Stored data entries
//! The own readings of definitions.

ghost use Rattle.std.specs.Prelude.{◌≡◌, ℕ, [], IfOk, IsOk, length};
ghost use Rattle.qv_sexpr.specs.Script.{Tree};
ghost use Rattle.qv_sexpr.specs.Items.{Stands, IsExpr, Begins};
ghost use Rattle.qv_words.specs.declared.sort.Sort.{Sort};
ghost use Rattle.qv_words.specs.Rank.{sort_eq};
ghost use Rattle.qv_store.specs.Stores.{Grows};
ghost use Rattle.qv_elab_defs.specs.Beginnings.{Begins as Passes, beginning};
ghost use Rattle.qv_elab_defs.specs.Scopes.{Scope as Defs, Named, below_binders, outermost};
ghost use Rattle.qv_elab_defs.specs.TreeLaws.{AreParameters};
ghost use Rattle.qv_elab.specs.ReadBodies.{parameters_of, Reads};
ghost use Rattle.qv_elab_scope.specs.Kept.{IsScopeIn};
ghost use Rattle.qv_elab_defs.specs.OpenTrees.{AreLawful};
ghost use Rattle.qv_elab_scope.specs.Ids.{AreVariables};
ghost use Rattle.qv_elab_frames.specs.Loop.{state_of};
ghost use Rattle.qv_elab.specs.Begun.{IsBegun};

use crate::elaborating::run;
use qv_elab_defs::{ElabFault, ElabKind};
use qv_elab_frames::Elaborator;
use qv_elab_items::NamedIds;
use qv_elab_macros::{Body, reading_of};
use qv_elab_scope::Scope;
use qv_sexpr::Expr;
use qv_store::{NoMemory, Node, Store};
use qv_words::Sort;
use std::alloc::Global;

/// A parameter of a definition.
#[derive(Drop)]
pub struct Parameter {
    pub name: Vec<u8>,
    pub sort: Sort,
}

// The names of parameters, as variables of which the first is of level 0.
fn parameter_names(
    alloc: Global,
    store: &mut Store,
    parameters: &[Parameter],
) -> Result<NamedIds, NoMemory>
    requires { AreLawful (parameters_of parameters.now) }
    ensures names { IfOk result (λ names.
        AreVariables store.new 0 (parameters_of parameters.now) names) }
    ensures none { parameters.now ≡ [] → IsOk result }
    ensures grows { Grows store.old store.new }
{
    let mut names = NamedIds::new(alloc);
    'parameters: for (level, parameter) in parameters.iter().enumerate() {
        let id = store.put(Node::Var {
            level: level as u64,
            sort: parameter.sort,
        })?;
        names.push(alloc, &parameter.name, id)?;
    }
    Ok(names)
}

// Whether sorts are the same.
fn is_same(a: Sort, b: Sort) -> bool
    ensures { result ≡ sort_eq a b }
{
    a == b
}

// The own reading of a definition with so many parameters, which are bound.
fn read_body(
    alloc: Global,
    store: &mut Store,
    scope: &Scope,
    elaborator: &mut Elaborator,
    parameters: usize,
    sort: Sort,
    expr: &Expr,
    at: u64,
) -> Result<Body, ElabFault>
    requires expr { IsExpr expr.now }
    requires at { Begins expr.now at }
    requires scope { (defs : Defs) × IsScopeIn store.old scope.now defs }
    requires begun { (names : Named Sort)
        × IsBegun store.old names (state_of elaborator.old) × (length names ≡ parameters) }
    ensures reads { (defs : Defs) (names : Named Sort) (e : Tree) (to : ℕ) →
        IsScopeIn store.old scope.now defs →
        IsBegun store.old names (state_of elaborator.old) → length names ≡ parameters →
        Stands expr.now.items.items expr.now.text.items at e to →
        Reads store.new defs names sort e result }
    ensures begins { (defs : Defs) (names : Named Sort) (e : Tree) (to : ℕ) →
        IsScopeIn store.old scope.now defs →
        IsBegun store.old names (state_of elaborator.old) →
        Stands expr.now.items.items expr.now.text.items at e to →
        Passes (beginning e (below_binders names (outermost defs))) result }
    ensures grows { Grows store.old store.new }
{
    let place = expr.items[at as usize].place;
    let id = run(elaborator, store, scope, expr, at)?;
    if !is_same(sort, store.sort(id)) {
        return Err(ElabFault::At {
            place,
            kind: ElabKind::Sorts,
        });
    }
    let body = reading_of(alloc, store, id, parameters, &elaborator.watched)?;
    Ok(body)
}

/// What a definition's own reading gives, in a scope and with these parameters, where its body is
/// to have this sort; or its first fault. It is what each use needs (`Scope::define` keeps it).
pub fn elaborate_body(
    alloc: Global,
    store: &mut Store,
    scope: &Scope,
    parameters: &[Parameter],
    sort: Sort,
    expr: &Expr,
    at: u64,
) -> Result<Body, ElabFault>
    requires expr { IsExpr expr.now }
    requires at { Begins expr.now at }
    requires scope { (defs : Defs) × IsScopeIn store.old scope.now defs }
    requires parameters { AreParameters (parameters_of parameters.now) }
    ensures reads { (defs : Defs) (e : Tree) (to : ℕ) → IsScopeIn store.old scope.now defs →
        Stands expr.now.items.items expr.now.text.items at e to →
        Reads store.new defs (parameters_of parameters.now) sort e result }
    ensures begins { (defs : Defs) (e : Tree) (to : ℕ) → IsScopeIn store.old scope.now defs →
        Stands expr.now.items.items expr.now.text.items at e to →
        parameters.now ≡ [] → Passes (beginning e (outermost defs)) result }
    ensures grows { Grows store.old store.new }
{
    let names = parameter_names(alloc, store, parameters)?;
    let count = parameters.len();
    let mut elaborator = Elaborator::below(alloc, names, count as u64);
    read_body(alloc, store, scope, &mut elaborator, count, sort, expr, at)
}
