//! Blocks of lists of literals.

ghost use Rattle.std.specs.Prelude.{◌≡◌, ◌≤◌, ◌<◌, List, [], ◌∷◌, ◌++◌, length, take, OnOk, OnErr};
ghost use Rattle.std.specs.Prelude.{IfOk};
ghost use Rattle.std.specs.Prelude.{Some, slice_get, slice_range};
ghost use Rattle.qv_cnf.specs.Spans.{lists_from, start_at, Packs};

use super::Lit;
use std::alloc::{AllocError, Global};
use std::marker::Model;

/// Lists of literals in one vector, one behind the other: each begins where the one before ends.
#[derive(Debug, Drop)]
pub(crate) struct Block {
    lits: Vec<Lit>,
    ends: Vec<usize>,
}

impl Model for Block {
    ghost use Rattle.std.specs.Prelude.{List};
    ghost use Rattle.qv_cnf.specs.Literal.{Literal};

    ghost Value = { List (List Literal) };

    ghost use Rattle.qv_cnf.specs.Spans.{lists_from, Packs};

    ghost view = { λ a. lists_from 0 a.lits.items a.ends.items };

    ghost invariant = { λ a. Packs 0 a.lits.items a.ends.items };
}

impl Block {
    /// No list.
    pub(crate) fn new(alloc: Global) -> Self
        ensures { result ≡ [] }
    {
        Block {
            lits: Vec::new(alloc),
            ends: Vec::new(alloc),
        }
    }

    /// No list, and room for as many lists and literals as another block has.
    pub(crate) fn with_room_of(alloc: Global, other: &Block) -> Result<Self, AllocError>
        ensures { IfOk result (λ block. block ≡ []) }
    {
        let mut block = Block::new(alloc);
        block.reserve(other.ends.len(), other.lits.len())?;
        Ok(block)
    }

    /// Makes room for so many more lists with so many literals in all.
    pub(crate) fn reserve(&mut self, lists: usize, lits: usize) -> Result<(), AllocError>
        ensures { self.new ≡ self.old }
    {
        self.ends.reserve(lists)?;
        self.lits.reserve(lits)
    }

    /// Gives back the memory that nothing stands in.
    pub(crate) fn shrink(&mut self)
        ensures { self.new ≡ self.old }
    {
        self.ends.shrink_to_fit();
        self.lits.shrink_to_fit();
    }

    /// Adds a list.
    pub(crate) fn push(&mut self, lits: &[Lit]) -> Result<(), AllocError>
        ensures ok { OnOk result (self.new ≡ self.old ++ lits.now ∷ []) }
        ensures err { OnErr result (self.new ≡ self.old) }
    {
        self.ends.reserve(1)?;
        self.lits.extend_from_slice(lits)?;
        let end = self.lits.len();
        self.ends.push_reserved(end);
        Ok(())
    }

    /// The list at this place.
    pub(crate) fn get(&self, at: usize) -> &[Lit]
        requires { at < length self.now }
        ensures { slice_get self.now at ≡ Some result.now }
    {
        list_at(&self.lits, &self.ends, at)
    }

    /// How many lists there are.
    pub(crate) fn len(&self) -> usize
        ensures { result ≡ length self.now }
    {
        self.ends.len()
    }

    /// Keeps the first n lists.
    pub(crate) fn truncate(&mut self, n: usize)
        ensures { self.new ≡ take n self.old }
    {
        if n < self.ends.len() {
            let start = start_at(&self.ends, n);
            self.lits.truncate(start);
            self.ends.truncate(n);
        }
    }
}

// The list at this place.
fn list_at<'a>(lits: &'a [Lit], ends: &[usize], at: usize) -> &'a [Lit]
    requires packs { Packs 0 lits.now ends.now }
    requires within { at < length ends.now }
    ensures { slice_get (lists_from 0 lits.now ends.now) at ≡ Some result.now }
{
    let start = start_at(ends, at);
    let end = ends[at];
    between(lits, start, end)
}

fn between(lits: &[Lit], start: usize, end: usize) -> &[Lit]
    requires up { start ≤ end }
    requires within { end ≤ length lits.now }
    ensures { result.now ≡ slice_range lits.now start end }
{
    &lits[start..end]
}

// Where the list at this place begins.
fn start_at(ends: &[usize], at: usize) -> usize
    requires { at ≤ length ends.now }
    ensures { result ≡ start_at ends.now at }
{
    if at == 0 { 0 } else { ends[at - 1] }
}
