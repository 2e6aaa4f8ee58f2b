//! Literals, clauses, clause lists with ids, the steps of refutations, and budgets of conflicts.
#![tactic(auto)]

mod blocks;
mod budgets;
mod clauses;
pub mod laws;
mod literals;
mod numbering;
mod packed;
mod readings;
mod steps;

pub use budgets::{Budget, Counter};
pub use clauses::ClauseList;
pub use literals::{Clause, Lit};
pub use packed::Packed;
pub use readings::Reading;
pub use steps::{Spent, Step};
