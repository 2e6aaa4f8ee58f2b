//! The terms of expressions: a loop over the items, with a stack of the expressions that are open.

ghost use Rattle.std.specs.Prelude.{◌≡◌, ℕ, [], Result};
ghost use Rattle.qv_sexpr.specs.Script.{Tree};
ghost use Rattle.qv_sexpr.specs.Items.{Stands, IsExpr, Begins};
ghost use Rattle.qv_store.specs.Stores.{Grows};
ghost use Rattle.qv_elab_defs.specs.Faults.{Fault};
ghost use Rattle.qv_elab_defs.specs.Scopes.{Scope as Defs, outermost};
ghost use Rattle.qv_elab_defs.specs.Beginnings.{Begins as Passes, beginning};
ghost use Rattle.qv_elab_defs.specs.Defining.{elaborate};
ghost use Rattle.qv_elab_defs.specs.Answers.{Answers};
ghost use Rattle.qv_elab_scope.specs.Kept.{IsScopeIn};
ghost use Rattle.qv_elab_defs.specs.Looking.{Seen};
ghost use Rattle.qv_elab_macros.specs.Checked.{Sees};
ghost use Rattle.qv_elab_frames.specs.Loop.{state_of, source, IsPossible, IsReading};

use crate::entering::enter;
use qv_elab_defs::ElabFault;
use qv_elab_frames::{Elaborator, Next};
use qv_elab_scope::Scope;
use qv_sexpr::Expr;
use qv_store::{Id, Store};
use std::alloc::Global;

/// The term of an expression, and of all that is open around it.
pub(crate) fn run(
    elaborator: &mut Elaborator,
    store: &mut Store,
    scope: &Scope,
    expr: &Expr,
    at: u64,
) -> Result<Id, ElabFault>
    requires expr { IsExpr expr.now }
    requires reading { IsPossible (λ defs end given.
        IsScopeIn store.old scope.now defs
        × IsReading (source expr.now end defs) store.old (state_of elaborator.old) at given) }
    ensures sees { (defs : Defs) (end : ℕ) (given : Result Seen Fault) →
        IsScopeIn store.old scope.now defs →
        IsReading (source expr.now end defs) store.old (state_of elaborator.old) at given →
        Sees store.new elaborator.new.watched.items given result }
    ensures begins { (defs : Defs) (end : ℕ) (given : Result Seen Fault) →
        IsScopeIn store.old scope.now defs →
        (h : IsReading (source expr.now end defs) store.old (state_of elaborator.old) at given) →
        Passes (beginning h.expr h.c) result }
    ensures grows { Grows store.old store.new }
{
    let mut next = enter(elaborator, store, scope, expr, at)?;
    'items: loop {
        next = match next {
            Next::Read { at } => enter(elaborator, store, scope, expr, at)?,
            Next::Made { id, at } => match elaborator.open.pop() {
                Some(open) => elaborator.leave(store, scope, expr, open, id, at)?,
                None => return Ok(id),
            },
        };
    }
}

/// The term that an expression of a scope stands for, or its first fault.
pub fn elaborate(
    alloc: Global,
    store: &mut Store,
    scope: &Scope,
    expr: &Expr,
    at: u64,
) -> Result<Id, ElabFault>
    requires expr { IsExpr expr.now }
    requires at { Begins expr.now at }
    requires scope { (defs : Defs) × IsScopeIn store.old scope.now defs }
    ensures answers { (defs : Defs) (e : Tree) (to : ℕ) → IsScopeIn store.old scope.now defs →
        Stands expr.now.items.items expr.now.text.items at e to →
        Answers store.new (elaborate defs e) result }
    ensures begins { (defs : Defs) (e : Tree) (to : ℕ) → IsScopeIn store.old scope.now defs →
        Stands expr.now.items.items expr.now.text.items at e to →
        Passes (beginning e (outermost defs)) result }
    ensures grows { Grows store.old store.new }
{
    let mut elaborator = Elaborator::new(alloc);
    run(&mut elaborator, store, scope, expr, at)
}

■ TRY IT
Please give back, exactly as it stands above, the stretch from the line with "if n < self.ends.len()" through the line with "fn start_at(ends: &[usize], at: usize)", and no line outside it.

■ RESPONSE
        if n < self.ends.len() {
            let start = start_at(&self.ends, n);
            self.lits.truncate(start);
            self.ends.truncate(n);
        }
    }
}

// The list at this place.
fn list_at<'a>(lits: &'a [Lit], ends: &[usize], at: usize) -> &'a [Lit]
    requires packs { Packs 0 lits.now ends.now }
    requires within { at < length ends.now }
    ensures { slice_get (lists_from 0 lits.now ends.now) at ≡ Some result.now }
{
    let start = start_at(ends, at);
    let end = ends[at];
    between(lits, start, end)
}

fn between(lits: &[Lit], start: usize, end: usize) -> &[Lit]
    requires up { start ≤ end }
    requires within { end ≤ length lits.now }
    ensures { result.now ≡ slice_range lits.now start end }
{
    &lits[start..end]
}

// Where the list at this place begins.
fn start_at(ends: &[usize], at: usize) -> usize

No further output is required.